═══ Supplied data ═══

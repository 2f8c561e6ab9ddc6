//! What is done in a scene, against a lock manager of its own.
ghost use Rattle.std.specs.Prelude.{◌≡◌, ◌⊎◌, ◌≤◌, [], Err, IfSome, false, true};
ghost use Rattle.lock_manager.specs.Crews.{SeatsAre};
ghost use Rattle.modes_core.specs.Sessions.{usual_sessions};
ghost use Rattle.scenario.specs.Acts.{no_cast};
ghost use Rattle.scenario.specs.Numbers.{SeesSessions};
ghost use Rattle.scenario.specs.Sizes.{IsForManager};

use crate::desks::{OnceDesk, ReusingDesk, ScriptDesk};
use crate::listener::Listener;
use crate::run::Scene;
use crate::sessions::ScriptState;
use connections::ManagerName;
use lock_manager::{Config, Desk, Manager, ManagerDesk, OwnSession, Part, Session, SessionPool};
use lock_script::{Fault, Names, OpenSessions};
use lock_table::PartTable;
use shared_rule::{Board, SeatBoard};
use std::alloc::Global;
use std::marker::{Brand, PhantomData};
use std::sync::Wait;

/// What is done in a scene: the lines of a script are run, or those that somebody types, or the orders of a
/// script. Whoever does it is lent the scene, and the sessions that are open at its end are closed behind it.
pub trait Act<L: Listener> {
    ghost use Rattle.scenario.specs.Acts.{ActsOf};

    // What is done over a board, with a desk: from a cast and a listener on, how it ends, and what the
    // listener is then.
    ghost acts: { ActsOf Self L };

    /// Does it in `scene`.
    fn act<T: PartTable, B: Board<T>, D: ScriptDesk<OwnSession<T, B>>, H: Wait>(
        self,
        rt: &H,
        scene: &mut Scene<T, B, D, L>,
    ) -> Result<(), Fault>
        ensures acted { acts _ B.seat B.view B.stack D.again D.database_of D.entries self
            (record { sessions = scene.old.state.sessions; names = scene.old.state.names }) scene.old.listener result
            scene.new.listener };
}

impl<T: PartTable, B: Board<T>, D: ScriptDesk<OwnSession<T, B>>, L: Listener> Scene<T, B, D, L> {
    /// Has `act` be done in the scene, and then closes the sessions that are open.
    pub fn act_out<H: Wait, A: Act<L>>(&mut self, rt: &H, act: A) -> Result<(), Fault>
        ensures acted { A.acts _ B.seat B.view B.stack D.again D.database_of D.entries act
            (record { sessions = self.old.state.sessions; names = self.old.state.names }) self.old.listener result
            self.new.listener }
        ensures none_waits { self.new.state.sessions.waiting ≡ [] }
        ensures none_open { self.new.state.sessions.resting ≡ [] }
        ensures none_live { D.live self.new.state.desk ≡ 0 }
    {
        let ended = act.act(rt, self);
        self.state.close_all(rt);
        ended
    }
}

/// Has `act` be done before `listener`, against a lock manager of its own of the size `config`, which is
/// finished behind it. Where `reuse`, the numbers of closed sessions are given out again. Nothing is done
/// where there is no memory for the manager. The listener comes back.
pub fn drive<H: AllocGlobal + Wait, L: Listener, A: Act<L> + Drop>(
    rt: &H,
    config: Config,
    reuse: bool,
    listener: L,
    act: A,
) -> (L, Result<(), Fault>)
    requires { IsForManager config }
    ensures acted { let B = ⟦<SeatBoard<'static, Part> as Board<Part>>⟧ in
        let D = ⟦<ManagerDesk<'static> as Desk<Session<'static>>>⟧ in
        (result.1 ≡ Err Fault.NoMemory)
        ⊎ A.acts _ B.seat B.view B.stack reuse D.database_of D.entries act no_cast listener result.1 result.0 }
{
    let alloc = rt.alloc();
    let Ok((manager, opener)) = Manager::new(alloc, config) else {
        return (listener, Err(Fault::NoMemory));
    };
    let desk = ManagerDesk::new(&manager, opener);
    let (listener, driven) = drive_at(rt, alloc, desk, reuse, listener, act);
    let Some((desk, ended)) = driven else {
        return (listener, Err(Fault::NoMemory));
    };
    let opener = desk.into_opener();
    manager.finish(opener);
    (listener, ended)
}

/// Has `act` be done before `listener`, with the sessions that `desk` opens, none of which is open at the
/// end. Where `reuse`, the numbers of closed sessions are given out again. Nothing is done where there is no
/// memory for the list of sessions.
fn drive_at<
    T: PartTable,
    B: Board<T>,
    D: Desk<OwnSession<T, B>> + Drop,
    H: Wait,
    L: Listener,
    A: Act<L> + Drop,
>(
    rt: &H,
    alloc: Global,
    desk: D,
    reuse: bool,
    listener: L,
    act: A,
) -> (L, Option<(D, Result<(), Fault>)>)
    requires seats { SeatsAre B.seat D.seat }
    requires sees { SeesSessions D.database_of D.entries }
    requires few { (D.manager desk).limit ≤ usual_sessions }
    requires none_issued { D.issued desk ≡ 0 }
    requires none_live { D.live desk ≡ 0 }
    ensures acted { IfSome result.1 (λ driven.
        A.acts _ B.seat B.view B.stack reuse D.database_of D.entries act no_cast listener driven.1 result.0) }
    ensures manager { IfSome result.1 (λ driven. D.manager driven.0 ≡ D.manager desk) }
    ensures none_live { IfSome result.1 (λ driven. D.live driven.0 ≡ 0) }
{
    if reuse {
        drive_reusing::<T, B, D, Brand, H, L, A>(rt, alloc, desk, listener, act)
    } else {
        drive_once::<T, B, D, Brand, H, L, A>(rt, alloc, desk, listener, act)
    }
}

/// Has `act` be done as `drive_at` does, where each session number is given out once.
fn drive_once<
    T: PartTable,
    B: Board<T>,
    D: Desk<OwnSession<T, B>> + Drop,
    M: ManagerName,
    H: Wait,
    L: Listener,
    A: Act<L> + Drop,
>(rt: &H, alloc: Global, desk: D, listener: L, act: A) -> (L, Option<(D, Result<(), Fault>)>)
    requires is { D.manager desk ≡ M.manager }
    requires seats { SeatsAre B.seat D.seat }
    requires few { M.manager.limit ≤ usual_sessions }
    requires none_issued { D.issued desk ≡ 0 }
    requires none_live { D.live desk ≡ 0 }
    ensures acted { IfSome result.1 (λ driven.
        A.acts _ B.seat B.view B.stack false D.database_of D.entries act no_cast listener driven.1 result.0) }
    ensures is { IfSome result.1 (λ driven. D.manager driven.0 ≡ M.manager) }
    ensures none_live { IfSome result.1 (λ driven. D.live driven.0 ≡ 0) }
{
    let Ok(sessions) = OpenSessions::new(alloc) else {
        return (listener, None);
    };
    let desk = OnceDesk::<OwnSession<T, B>, D, M> {
        desk,
        of: PhantomData,
    };
    let state = ScriptState {
        desk,
        names: Names::new(alloc),
        sessions,
    };
    let mut scene = Scene { state, listener };
    let ended = scene.act_out(rt, act);
    let Scene { state, listener } = scene;
    let ScriptState {
        desk,
        names: _,
        sessions,
    } = state;
    sessions.finish();
    let OnceDesk { desk, of: _ } = desk;
    (listener, Some((desk, ended)))
}

/// Has `act` be done as `drive_at` does, where the numbers of closed sessions are given out again.
fn drive_reusing<
    T: PartTable,
    B: Board<T>,
    D: Desk<OwnSession<T, B>> + Drop,
    M: ManagerName,
    H: Wait,
    L: Listener,
    A: Act<L> + Drop,
>(rt: &H, alloc: Global, desk: D, listener: L, act: A) -> (L, Option<(D, Result<(), Fault>)>)
    requires is { D.manager desk ≡ M.manager }
    requires seats { SeatsAre B.seat D.seat }
    requires sees { SeesSessions D.database_of D.entries }
    requires few { M.manager.limit ≤ usual_sessions }
    requires none_issued { D.issued desk ≡ 0 }
    requires none_live { D.live desk ≡ 0 }
    ensures acted { IfSome result.1 (λ driven.
        A.acts _ B.seat B.view B.stack true D.database_of D.entries act no_cast listener driven.1 result.0) }
    ensures is { IfSome result.1 (λ driven. D.manager driven.0 ≡ M.manager) }
    ensures none_live { IfSome result.1 (λ driven. D.live driven.0 ≡ 0) }
{
    let Ok(sessions) = OpenSessions::new(alloc) else {
        return (listener, None);
    };
    let Ok(pool) = SessionPool::new(alloc) else {
        sessions.finish();
        return (listener, None);
    };
    let desk = ReusingDesk::<T, B, D, M> {
        desk,
        pool,
        of: PhantomData,
    };
    let state = ScriptState {
        desk,
        names: Names::new(alloc),
        sessions,
    };
    let mut scene = Scene { state, listener };
    let ended = scene.act_out(rt, act);
    let Scene { state, listener } = scene;
    let ScriptState {
        desk,
        names: _,
        sessions,
    } = state;
    sessions.finish();
    let ReusingDesk {
        mut desk,
        pool,
        of: _,
    } = desk;
    pool.end(rt, &mut desk);
    (listener, Some((desk, ended)))
}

═══

■ Work to complete
Scan the entries and show every line in which the word "given" is found.

■ Response to the exercise
/// finished behind it. Where `reuse`, the numbers of closed sessions are given out again. Nothing is done
/// end. Where `reuse`, the numbers of closed sessions are given out again. Nothing is done where there is no
/// Has `act` be done as `drive_at` does, where each session number is given out once.
/// Has `act` be done as `drive_at` does, where the numbers of closed sessions are given out again.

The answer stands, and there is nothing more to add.